CoverStain IS a stain-blocking WHITE primer so all of your bases are covered.


----------



## Frank_Drebin (Sep 13, 2016)

Thanks guys! Looks like Zinsser Cover Stain. It has good reviews and is even a little cheaper than other brands.

Not to drag this out or anything, but what about the top coat? SW SuperPaint has been recommended but I'm not sure if I can find it, plus, can't see any online reviews. I'm going with a semi-gloss white. Best options are.....?


----------



## chrisn (Dec 23, 2007)

Cannot find super paint? Please explain. What real paint stores are near you?


----------



## Frank_Drebin (Sep 13, 2016)

I'm just not sure if I can find it - I don't remember ever having seen it. I always go to Home Depot. I'll take a look.


----------



## stick\shift (Mar 23, 2015)

Super Paint is a Sherwin Williams product, you need to go to their store (and you're better off staying out of the big box stores when it comes to painting anyway).


----------



## Frank_Drebin (Sep 13, 2016)

Thanks stick\shift. I just found a local SW outlet.
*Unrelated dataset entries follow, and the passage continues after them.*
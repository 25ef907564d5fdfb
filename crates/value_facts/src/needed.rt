// Whether statements come of an expression whose effect is done.
ghost use Rattle.std.specs.Prelude.{◌≡◌, ◌≤◌, drop, length};
ghost use Rattle.c_runs.specs.Plans as spec;
ghost use Rattle.typed_prog.specs.Tree.{values_of};
ghost use Rattle.typed_prog.specs.View.{view_value, view_values};

use crate::effects::has_effect;
use typed_prog::{Value, ValueNode};

/// Whether statements come of an expression, the effect in it being done.
#[cycle(needing)]
#[tactic(auto, using(typed_prog::proofs::Equations::view_laws))]
pub fn needs(value: &Value) -> bool
    ensures { result ≡ spec.needs (view_value value.now) }
{
    match &value.node {
        ValueNode::Apply(_, operands) => need(operands.as_slice()),
        ValueNode::Logic(_, _, second) => !has_effect(second.get()),
        ValueNode::Choose(_, first, second) => {
            !(has_effect(first.get()) || has_effect(second.get()))
        }
        ValueNode::Constant(_) => false,
        ValueNode::Null => false,
        ValueNode::Temporary(_) => false,
        ValueNode::Effect(_, _) => false,
    }
}

/// Whether statements come of one of these expressions.
#[cycle(needing)]
pub fn need(values: &[Value]) -> bool
    ensures { result ≡ spec.need (values_of (view_values values.now)) }
{
    for value in values {
        if needs(value) {
            return true;
        }
    }
    false
}

/// Whether statements come of the expressions from this place on.
pub fn need_from(values: &[Value], from: usize) -> bool
    requires { from ≤ length values.now }
    ensures { result ≡ spec.need (values_of (view_values (drop from values.now))) }
{
    need(&values[from..])
}
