// Refusals 11, 27 and 12 of placing and gathering (document 01, "Refusal numbers"; request 2026-11): the lengths of the lent buffers, the hidden address,
// and the bytes of _Bool arguments.
ghost use Rattle.std.specs.Prelude.{◌≡◌, ◌<◌, ◌≤◌, ltb, length};
ghost use Rattle.moving.specs.Orders.{wrong_length, is_bool, broken_byte, wrong_bool};
ghost use Rattle.moving.specs.Images.{amd64};
ghost use Rattle.moving.specs.Address.{wrong_address};
ghost use Rattle.description.specs.Description.{types_in, model_in, Whole};
ghost use Rattle.layout.specs.Layout.{values_of};
ghost use Rattle.layout.specs.Verdict.{verdict};
ghost use Rattle.form.specs.Search.{first_from};

use description::{Model, TypeRecord};
use layout::{Described, Layout};
use units::Bytes;

// ---- 11

// 11: whether a lent buffer has not exactly the length that the layout says.
#[tactic(auto, unfolding(crate::specs::Orders::wrong_length))]
pub fn wrong_length(
    layout: Layout,
    values: usize,
    registers: usize,
    upper: usize,
    stack: usize,
) -> bool
    ensures { result ≡ wrong_length layout values registers upper stack }
{
    Bytes(values) != layout.values
        || registers != 176
        || upper != 128
        || Bytes(stack) != layout.area
}

// ---- 27

// 27: whether the hidden address is used, and does not fit into the 4 bytes of a pointer.
pub fn wrong_address(d: &[u8], used: bool, address: u64) -> bool
    requires { 11 ≤ length d.now }
    ensures { result ≡ wrong_address (model_in d.now) used address }
{
    match description::model_of(d) {
        Model::Lp64 => false,
        Model::Ilp32 => used && 4294967296 <= address,
    }
}

// ---- 12: the byte of one _Bool

// Whether type k is _Bool, by its own record.
#[tactic(auto, unfolding(crate::specs::Orders::is_bool))]
pub fn is_bool(d: &[u8], k: usize) -> bool
    requires { Whole d.now × (k < types_in d.now) }
    ensures { result ≡ is_bool d.now k }
{
    matches!(
        description::record_at(d, k),
        TypeRecord::Basic { code: 0, .. }
    )
}

// Whether type k is _Bool, and the byte is not 0 or 1.
#[tactic(auto, unfolding(crate::specs::Orders::broken_byte))]
pub fn broken_byte(d: &[u8], k: usize, byte: usize) -> bool
    requires { Whole d.now × (k < types_in d.now) }
    ensures { result ≡ broken_byte d.now k byte }
{
    is_bool(d, k) && 1 < byte
}

// ---- 12: whether an argument breaks it

// Whether there is a type that is _Bool, by its own record.
fn has_bool(d: &[u8]) -> bool
    requires { Whole d.now }
    ensures { result ≡ ltb (first_from (is_bool d.now) 0 (types_in d.now)) (types_in d.now) }
{
    for k in 0..description::byte_at(d, 5) {
        if is_bool(d, k) {
            return true;
        }
    }
    false
}

// Whether a _Bool argument's byte is not 0 or 1, argument by argument.
fn some_broken(described: Described, values: &[u8]) -> bool
    requires { (verdict described.bytes.now ≡ 0) × (length values.now ≡ values_of described.bytes.now) }
    ensures { result ≡ wrong_bool amd64 described.entry.bytes.now values.now }
{
    let d = described.bytes;
    let mut start = Bytes(0);
    for i in 0..described.arguments() {
        let k = description::argument_at(d, i);
        if broken_byte(d, k, description::byte_at(values, start.0)) {
            return true;
        }
        start = start + types::extent_in(described.table, k).size;
    }
    false
}

// Whether a _Bool argument's byte is not 0 or 1. Where no type is _Bool there is none to search for.
pub fn wrong_bool(described: Described, values: &[u8]) -> bool
    requires { (verdict described.bytes.now ≡ 0) × (length values.now ≡ values_of described.bytes.now) }
    ensures { result ≡ wrong_bool amd64 described.entry.bytes.now values.now }
{
    has_bool(described.bytes) && some_broken(described, values)
}
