// Placing and gathering (document 01, "Images and moving bytes"): the bytes of all values, packed, into the three images and out again.
#![tactic(auto)]

pub use calls::{gather_values, place_values};
pub use refusals::{broken_byte, is_bool, wrong_address};

mod filling; // the images filled, and the values gathered
mod refusals; // 11, 27 and 12
mod calls; // the calls: place_values, gather_values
They have it in stock.


----------



## Frank_Drebin (Sep 13, 2016)

Zinsser Cover Stain - illegal in California - per Home Depot. /: (


----------



## chrisn (Dec 23, 2007)

SW might still carry an outdoor version, ask them.


----------



## Gymschu (Dec 12, 2010)

Yeah, you really need that oil based primer to seal in those stains. Any latex primer is going to be a "wick" and those stains will telegraph through it, the primer, and the topcoats that is.


----------



## Frank_Drebin (Sep 13, 2016)

I know what you mean. On my last house the brown bleeded right through - wasted all my paint.

Everywhere I look, the oil-based stuff is banned in Cali.

Search continues...


----------



## chrisn (Dec 23, 2007)

BIN maybe?


----------



## Frank_Drebin (Sep 13, 2016)

Yes, I was looking at that. Pricey but looks like a good option.


----------